In 2008 and 2009, two documents rocked the world of institutional philanthropy in the United States: California’s Assembly Bill 624 (AB624), calling for foundations with assets of more than $250 million to collect and publicly disclose certain ethnic, gender and sexual orientation data pertaining to governance, operations and grantmaking, and NCRP’s Criteria for Philanthropy at Its Best.
The California bill (eventually rejected by the state senate) would have required large foundations to confront inequities with regard to the demographic composition of their boards, staff, grantees and vendors. The NCRP Criteria, introduced as “a tool for meaningful self-regulation,” cautioned: “If grantmakers don’t improve their relevance to society by regulating themselves with integrity and rigor, government regulation will likely increase.” The reaction was intense: some philanthropic leaders found the idea of any regulation – or benchmarks – audacious.

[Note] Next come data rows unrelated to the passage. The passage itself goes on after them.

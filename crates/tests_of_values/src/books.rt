//! A book that grows, and its copy.

use df_book::{Book, Order, Trade};
use df_frozen::Words;
use df_memory::NoMemory;
use std::alloc::Global;
use std::test::Fail;

/// An order: trader, symbol, whether it sells, limit and quantity.
type Row = (u32, &'static str, bool, i64, i64);

fn order(alloc: Global, row: Row) -> Result<Order, NoMemory> {
    let (trader, symbol, sell, limit, qty) = row;
    Ok(Order {
        id: 0,
        limit,
        qty,
        symbol: Words::new(alloc, symbol)?,
        trader,
        sell,
    })
}

fn submit(alloc: Global, book: &mut Book, row: Row) -> Result<(), Fail> {
    let order = order(alloc, row)?;
    if order.limit > 0 && order.qty > 0 {
        book.submit(order)?;
    }
    Ok(())
}

/// How many orders are put into a book that grows.
const MANY: u32 = 300;

/// Where the limits of many orders go: upwards, downwards, or to and fro.
fn limit_of(turn: u32, row: u32) -> i64 {
    let limit = match turn {
        0 => row % MANY,
        1 => MANY - row % MANY,
        _ => row % 7 * MANY + row % MANY,
    };
    i64::from(limit) + 1
}

/// Many sales of one each come to rest.
fn grow(alloc: Global, book: &mut Book, turn: u32) -> Result<(), Fail> {
    for row in 0..MANY {
        submit(alloc, book, (0, "AAA", true, limit_of(turn, row), 1))?;
    }
    Ok(())
}

/// Whether each trade is of one, and none is at a better price than the one before it.
fn are_in_order(trades: &[Trade]) -> bool {
    let mut last = 0;
    for trade in trades {
        if trade.qty != 1 || trade.price < last {
            return false;
        }
        last = trade.price;
    }
    true
}

/// How many trades a purchase of many makes, where they are in order.
fn trade_count(alloc: Global, book: &mut Book, qty: i64) -> Result<usize, Fail> {
    if qty < 1 {
        return Ok(0);
    }
    let order = order(alloc, (1, "AAA", false, 20_000, qty))?;
    if order.limit < 1 || order.qty < 1 {
        return Ok(0);
    }
    let trades = book.submit(order)?;
    if !are_in_order(trades.as_slice()) {
        return Ok(0);
    }
    Ok(trades.len())
}

/// How many of the sales are traded, first of the book and then of the other one.
fn counts_of(alloc: Global, book: &mut Book, other: &mut Book) -> Result<(usize, usize), Fail> {
    let some = trade_count(alloc, book, 100)?;
    let all = trade_count(alloc, other, 1_000)?;
    Ok((some, all))
}

/// The same with a copy that is made before.
fn copy_counts(alloc: Global, book: &mut Book) -> Result<(usize, usize), Fail> {
    let mut before = book.copy()?;
    counts_of(alloc, book, &mut before)
}

fn grown_counts(alloc: Global, book: &mut Book, turn: u32) -> Result<(usize, usize), Fail> {
    grow(alloc, book, turn)?;
    copy_counts(alloc, book)
}

fn new_counts(alloc: Global, turn: u32) -> Result<(usize, usize), Fail> {
    let mut book = Book::new(alloc);
    grown_counts(alloc, &mut book, turn)
}

#[test]
fn a_copy_stays_as_the_book_was(rt: HostRuntime) -> Result<(), Fail> {
    for turn in 0..3 {
        assert_eq!(rt;
            new_counts(rt.alloc(), turn)?,
            (100, MANY as usize),
            "in turn {}",
            turn
        );
    }
    Ok(())
}
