//! Tags as keys of a map, and a privilege that is granted.

use df_label::{Privilege, Right, Tag};
use df_memory::NoMemory;
use df_priv::Held;
use std::alloc::{AllocError, Global};
use std::collections::HashMap;

/// What a map has under a tag, which it has under an equal one.
fn found(alloc: Global, key: Tag, same: &Tag) -> Result<Option<u32>, AllocError> {
    let mut places = HashMap::new(alloc);
    places.insert(key, 10)?;
    Ok(places.get(same).copied())
}

fn found_of(alloc: Global) -> Result<Option<u32>, NoMemory> {
    let key = Tag::new(alloc, &[1], 0)?;
    let same = Tag::new(alloc, &[1], 0)?;
    Ok(found(alloc, key, &same)?)
}

#[test]
fn tags_are_keys(rt: HostRuntime) {
    assert_eq!(rt; found_of(rt.alloc()), Ok(Some(10)));
}

fn granted(alloc: Global, privilege: &Privilege) -> Result<bool, NoMemory> {
    let mut held = Held::new(alloc);
    held.grant(privilege)?;
    Ok(held.holds(privilege))
}

fn is_granted(alloc: Global) -> Result<bool, NoMemory> {
    let tag = Tag::new(alloc, &[1], 0)?;
    let right = Right::PlusAuth;
    granted(alloc, &Privilege { tag, right })
}

#[test]
fn a_privilege_is_granted(rt: HostRuntime) {
    assert_eq!(rt; is_granted(rt.alloc()), Ok(true));
}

In a quieter, but in some respects equally audacious move, the Council of Michigan Foundations (CMF) began a six-year initiative in 2008 that president and CEO Rob Collier boldly named “Transforming Michigan Philanthropy Through Diversity and Inclusion” (TMP). Conceived as a catalyst for positive social change, TMP aimed to increase the effectiveness of organized philanthropy in the state focusing on CMF’s 350 family, community, corporate, private and public foundations.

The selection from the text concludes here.